Full Frontal

  • Sponsors (?)


Prep & Ready

The second step in the three step process is the Prep & Ready. When applying this product with my brush I realized a familiar smell, low and behold it smells just like the Phosphoric acid you buy at Home Depot for half the price. I didn't read the label but I bet it is more diluted. I had my rubber gloves on, but once I recognized the smell I put on my safety goggles especially since I was applying this with a brush.

Does the Prep & Ready remove rust? - No (more on this later)

Is it supposed to remove rust? - Um No

It is designed to basically etch the surface to give the POR15 paint something to bite into.
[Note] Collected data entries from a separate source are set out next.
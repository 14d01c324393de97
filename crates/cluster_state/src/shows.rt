//! Lines that show a node, a range, or the messages in flight.

ghost use Rattle.std.specs.Prelude.{◌≡◌, ◌≢◌, ◌∷◌, [], OnErr, OnOk, Some, length};
ghost use Rattle.journal.specs.declared.entries.JournalEntry.TheVariants as made;
ghost use Rattle.journal.specs.declared.events.Event.TheVariants as events;
ghost use Rattle.hlc.specs.Readings.{reading_of};
ghost use Rattle.run_laws.specs.OrderEvents.{IsFirstAt};
ghost use Rattle.range_log.specs.Facts.{closed_of, lease_of};
ghost use Rattle.range_log.specs.declared.entries.Lease.{Lease};
ghost use Rattle.run_words.specs.Clocks.{reading};
ghost use Rattle.run_words.specs.History.{Made};
ghost use Rattle.run_words.specs.Logs.{log_of};
ghost use Rattle.run_words.specs.Messages.{flight};
ghost use Rattle.run_words.specs.Nodes.{boot, is_running};
ghost use Rattle.cluster_state.specs.Tied.{HasMade, IsThere, IsTied, IsUnrecorded, past, the_setup};

use crate::state::State;
use journal::JournalEntry;
use mr_base::{Memory, NodeId, RangeId};
use node_states::NodeState;
use range_replicas::ReplicatedRange;
use std::alloc::Global;

impl State {
    /// Shows a node: its reading, whether it runs, and at which boot it is.
    pub fn show_node(&mut self, node: NodeId) -> Result<(), Memory>
        requires tied { IsTied self.old }
        requires due { IsFirstAt (past self.old) (events.ShowNode node) }
        requires there { IsThere self.old.stage node }
        ensures made { OnOk result (HasMade (Made (made.ShowNode node
            (reading (the_setup self.old) (past self.old) node)
            (is_running (the_setup self.old) (past self.old) node)
            (boot (the_setup self.old) (past self.old) node)) ∷ []) self.old self.new) }
        ensures err { OnErr result (IsUnrecorded self.old self.new) }
    {
        self.ledger.reserve(1)?;
        let shown = shown_node(&self.nodes[(node.0 - 1) as usize], node);
        self.ledger.write(shown);
        Ok(())
    }

    /// Shows the messages in flight.
    pub fn show_flight(&mut self, alloc: Global) -> Result<(), Memory>
        requires tied { IsTied self.old }
        requires due { IsFirstAt (past self.old) events.ShowFlight }
        ensures made { OnOk result (HasMade (Made (made.ShowFlight (flight (past self.old))) ∷ []) self.old self.new) }
        ensures err { OnErr result (IsUnrecorded self.old self.new) }
    {
        let messages = self.flight.numbers(alloc)?;
        self.ledger.reserve(1)?;
        self.ledger.write(JournalEntry::ShowFlight { messages });
        Ok(())
    }

    /// Shows a range, by its whole log: its last lease, what it has closed, and how many entries it has.
    pub fn show_range(&mut self, number: RangeId) -> Result<(), Memory>
        requires tied { IsTied self.old }
        requires due { IsFirstAt (past self.old) (events.ShowRange number) }
        requires made { log_of (the_setup self.old) (past self.old) number ≢ [] }
        ensures made { OnOk result ((lease : Lease) × (lease_of (log_of (the_setup self.old) (past self.old) number) ≡ Some lease)
            × HasMade (Made (made.ShowRange number lease.seq lease.holder lease.expiration
            (closed_of (log_of (the_setup self.old) (past self.old) number))
            (length (log_of (the_setup self.old) (past self.old) number))) ∷ []) self.old self.new) }
        ensures err { OnErr result (IsUnrecorded self.old self.new) }
    {
        self.ledger.reserve(1)?;
        let shown = shown_range(&self.ranges[(number.0 - 1) as usize], number);
        self.ledger.write(shown);
        Ok(())
    }
}

/// A range as it is shown, under a number.
fn shown_range(range: &ReplicatedRange, number: RangeId) -> JournalEntry
    ensures { (lease : Lease) × (lease_of range.now.log.entries ≡ Some lease) × (result ≡ made.ShowRange number
        lease.seq lease.holder lease.expiration (closed_of range.now.log.entries) (length range.now.log.entries)) }
{
    let log = range.log();
    let lease = log.lease();
    JournalEntry::ShowRange {
        range: number,
        seq: lease.seq,
        holder: lease.holder,
        expiration: lease.expiration,
        closed: log.closed(),
        log: log.len(),
    }
}

/// A node as it is shown, under a number.
fn shown_node(state: &NodeState, node: NodeId) -> JournalEntry
    ensures { result ≡ made.ShowNode node (reading_of state.now.clock.physical state.now.clock.kept) state.now.runs state.now.boot }
{
    JournalEntry::ShowNode {
        node,
        clock: state.clock.reading(),
        running: state.runs,
        boot: state.boot,
    }
}
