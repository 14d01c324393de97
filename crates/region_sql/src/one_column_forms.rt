//! The two statement forms of a cluster of one node and one table.

ghost use Rattle.std.specs.Prelude.{◌≡◌, ℤ, ℕ, ◌++◌, List, IfSome, IfNone, codes};
ghost use Rattle.region_sql.specs.IntText.{IsIntText};
ghost use Rattle.region_sql.specs.OneColumnForms.{IsOneColumnText};
ghost use Rattle.region_sql.specs.declared.one_column_forms.OneColumnStatement.{OneColumnStatement};

use mr_base::{after_head, before_tail};

/// A statement on the table `t (id INT PRIMARY KEY)`.
#[derive(Clone, Copy)]
pub enum OneColumnStatement {
    /// INSERT INTO t (id) VALUES (n)
    Insert(i64),
    /// SELECT * FROM t
    SelectAll,
}

/// The number that a text writes in decimal: digits without leading zeros, after a `-` or not, that fit
/// an i64.
pub fn int_of(text: &[u8]) -> Option<i64>
    ensures found { IfSome result (λ n. IsIntText text.now n) }
    ensures only { IfNone result ((n : ℤ) → ¬ IsIntText text.now n) }
{
    let s = std::str::from_utf8(text).ok()?;
    match text {
        [b'+', ..] => None,
        [b'0', _, ..] => None,
        [b'-', b'0', _, ..] => None,
        _ => s.parse::<i64>().ok(),
    }
}

/// The number between the parentheses of an INSERT.
fn inserted(text: &[u8]) -> Option<i64>
    ensures found { IfSome result (λ n. IsOneColumnText text.now (OneColumnStatement.Insert n)) }
    ensures only { IfNone result ((n : ℤ) → ¬ IsOneColumnText text.now (OneColumnStatement.Insert n)) }
{
    let Some(rest) = after_head(text, b"INSERT INTO t (id) VALUES (") else {
        return None;
    };
    let Some(digits) = before_tail(rest, b")") else {
        return None;
    };
    int_of(digits)
}

/// The statement that the text is, where it is one of the two forms, written exactly so.
#[tactic(auto, using(crate::proofs::NoForm::no_form))]
pub fn one_column_statement(text: &[u8]) -> Option<OneColumnStatement>
    ensures found { IfSome result (λ s. IsOneColumnText text.now s) }
    ensures only { IfNone result ((s : OneColumnStatement) → ¬ IsOneColumnText text.now s) }
{
    if text == b"SELECT * FROM t".as_slice() {
        return Some(OneColumnStatement::SelectAll);
    }
    Some(OneColumnStatement::Insert(inserted(text)?))
}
The paint in step three does not like smooth surfaces.

This product I was told at the supply store is also optional, but again I wanted to follow the Tech Sheet so that I could report on the entire process and how it works. It costs $31.00.

Yes I just wrapped some blue tape over the wiring harness and called it good, that should keep paint splatter off of it and I didn't want to create more work for myself, as god only knows if I can put half the stuff I already took apart back together.

This stuff you also wash off with water. I used the same paper towel and a bucket of water routine as for the Clean step.

RESULT: Honestly I don't know what it does, maybe etch a little bit, maybe leave a little white film behind.

DSCN8137.jpg


DSCN8154.jpg
 
Safety Third

Before going to step three and painting, I decided to replace the charcoal cartridges and the filters in my air mask. The new cartridge/filter pack costs $17 bucks and it's like the third or fourth I bought already since I started to prime the car. The pack comes with one set of charcoal cartridges the big plastic containers, and two sets of white thin filters that you put inside of these cartridges.

Some say it don't matter if the filters look dirty you can use your mask until you smell fumes, well this is a cheap Home Depot mask and $17 dollar replacement filters are cheap and new lungs are not, so I will just replace them do to paranoia.

DSCN5871.jpg


DSCN8148.jpg


DSCN8149.jpg


DSCN8151.jpg
 
Gregski,
You asked:
"Hey Gene, the engine or what's left of it (if you've been following the sister post 1968 289 H2O) is coming out this weekend how should I yank it?

A. Together with the transmission

B. Separate from transmission, pull engine out first by itself"

I say:
A>Remove alternator, front pulleys, shifter, speedo cable, crossmember, etc.

B>Leave the front end low at "on the wheels" height and jack the rear axle up onto jack stands

C>Pull engine/trans as a unit, as this will help you in understanding how engine/trans are fastened together, when you separate them.:D

Have Fun, Be Safe, Drink Beer & Call Me In The Morning,:flag:
Gene
 
I pulled mine as one unit...made it a lot easier to remove the tranny which was coming off anyways.

Gregski,
You asked:
"Hey Gene, the engine or what's left of it (if you've been following the sister post 1968 289 H2O) is coming out this weekend how should I yank it?

A. Together with the transmission

B. Separate from transmission, pull engine out first by itself"

I say:
A>Remove alternator, front pulleys, shifter, speedo cable, crossmember, etc.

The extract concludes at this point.